[Saved data entries]
++++++++
use crate::{Book, BookNo, Move, Net, Pair, Pairs, cash_name};
use dali_base::{Name, Text, read_name};
use std::alloc::Global;
use std::test::Fail;

/// 10^15 units, a thousandth of the most that an asset has.
const THOUSANDTH: u64 = 1_000_000_000_000_000;

fn name(bytes: &[u8]) -> Result<Name, Fail> {
    Ok(read_name(bytes).ok_or("no name")?)
}

fn bank() -> Name {
    read_name(b"BANK".as_slice()).unwrap()
}

fn numbered(alloc: Global, letter: u8, n: u64) -> Result<Name, Fail> {
    let mut text = Text::new(alloc);
    text.push(letter)?;
    text.add_number(n)?;
    name(text.bytes())
}

fn issue_times(book: &mut Book, account: Name, asset: Name, times: u32) -> Result<(), BookNo> {
    for _ in 0..times {
        book.issue(account, asset, THOUSANDTH)?;
    }
    Ok(())
}

fn add_accounts(alloc: Global, book: &mut Book, count: u64) -> Result<(), Fail> {
    for n in 0..count {
        book.add_account(numbered(alloc, b'A', n)?)?;
    }
    Ok(())
}

fn add_codes(alloc: Global, book: &mut Book, count: u64) -> Result<(), Fail> {
    for n in 0..count {
        book.add_asset(numbered(alloc, b'C', n)?, 1)?;
    }
    Ok(())
}

#[test]
fn total_limit(rt: HostRuntime) -> Result<(), Fail> {
    let mut book = Book::new(rt.alloc());
    add_accounts(rt.alloc(), &mut book, 1)?;
    let bank = name(b"A0".as_slice())?;
    let cash = cash_name();
    issue_times(&mut book, bank, cash, 1000)?;
    assert_eq!(rt; book.total(cash), 1_000_000_000_000_000_000);
    assert_eq!(rt; issue_times(&mut book, bank, cash, 1), Err(BookNo::Total));
    Ok(())
}

#[test]
fn full_accounts(rt: HostRuntime) -> Result<(), Fail> {
    let mut book = Book::new(rt.alloc());
    add_accounts(rt.alloc(), &mut book, 1000)?;
    assert_eq!(rt;
        book.add_account(name(b"MORE".as_slice())?),
        Err(BookNo::Full)
    );
    assert_eq!(rt; book.accounts(), 1000);
    Ok(())
}

#[test]
fn full_codes(rt: HostRuntime) -> Result<(), Fail> {
    let mut book = Book::new(rt.alloc());
    add_codes(rt.alloc(), &mut book, 1000)?;
    assert_eq!(rt;
        book.add_asset(name(b"MORE".as_slice())?, 1),
        Err(BookNo::Full)
    );
    assert_eq!(rt; book.assets(), 1000);
    Ok(())
}

/// A book in which BANK has these centavos.
fn book_with(alloc: Global, centavos: u64) -> Result<Book, Fail> {
    let bank = bank();
    let mut book = Book::new(alloc);
    book.add_account(bank)?;
    book.issue(bank, cash_name(), centavos)?;
    Ok(book)
}

/// Adds a code, and issues these units of it to BANK.
fn issue_code(book: &mut Book, code: &[u8], units: u64) -> Result<(), Fail> {
    let code = name(code)?;
    book.add_asset(code, 1)?;
    book.issue(bank(), code, units)?;
    Ok(())
}

/// The pairs of 3 GOLD and 700 centavos.
fn gold_and_cash(alloc: Global) -> Result<Pairs, Fail> {
    let mut pairs = Pairs::new(alloc);
    let gold = name(b"GOLD".as_slice())?;
    pairs.push(Pair {
        asset: gold,
        balance: 3,
    })?;
    let cash = cash_name();
    pairs.push(Pair {
        asset: cash,
        balance: 700,
    })?;
    Ok(pairs)
}

#[test]
fn earmark_takes_from_the_balance(rt: HostRuntime) -> Result<(), Fail> {
    let mut book = book_with(rt.alloc(), 700)?;
    let bank = bank();
    let cash = cash_name();
    assert_eq!(rt; book.earmark(bank, cash, 200), Ok(()));
    assert_eq!(rt; book.earmarked(bank, cash), 200);
    Ok(())
}

#[test]
fn release_gives_back(rt: HostRuntime) -> Result<(), Fail> {
    let mut book = book_with(rt.alloc(), 700)?;
    let bank = bank();
    let cash = cash_name();
    book.earmark(bank, cash, 200)?;
    assert_eq!(rt; book.release(bank, cash, 50), Ok(()));
    assert_eq!(rt; book.balance(bank, cash), 550);
    Ok(())
}

#[test]
fn room_is_there(rt: HostRuntime) -> Result<(), Fail> {
    let mut book = Book::new(rt.alloc());
    assert_eq!(rt; book.reserve(4), Ok(()));
    Ok(())
}

#[test]
fn names_are_readied(rt: HostRuntime) -> Result<(), Fail> {
    let mut book = Book::new(rt.alloc());
    let bank = bank();
    assert_eq!(rt; book.ready_account(bank), Ok(()));
    assert_eq!(rt; book.ready_asset(bank), Ok(()));
    Ok(())
}

#[test]
fn net_takes_a_move(rt: HostRuntime) -> Result<(), Fail> {
    let account = bank();
    let mut net = Net::new(rt.alloc());
    let item = Move {
        account,
        asset: account,
        delta: -5,
    };
    assert_eq!(rt; net.push(item), Ok(()));
    assert_eq!(rt; net.len(), 1);
    Ok(())
}

#[test]
fn pairs_stand_in_byte_order(rt: HostRuntime) -> Result<(), Fail> {
    let mut book = book_with(rt.alloc(), 700)?;
    issue_code(&mut book, b"GOLD".as_slice(), 3)?;
    let pairs = book.pairs(rt.alloc(), bank())?;
    assert_eq!(rt; pairs, gold_and_cash(rt.alloc())?);
    Ok(())
}

#[test]
fn a_drawn_balance_is_no_pair(rt: HostRuntime) -> Result<(), Fail> {
    let mut book = book_with(rt.alloc(), 700)?;
    let bank = bank();
    book.draw(bank, cash_name(), 700)?;
    assert_eq!(rt; book.pairs(rt.alloc(), bank)?, Pairs::new(rt.alloc()));
    Ok(())
}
++++++++
_PROBLEM TO WORK ON:_ Lines containing the word "MORE" are to be tallied across the entries above; give only the resulting count.

_ANSWER TO THIS PROBLEM:_ 2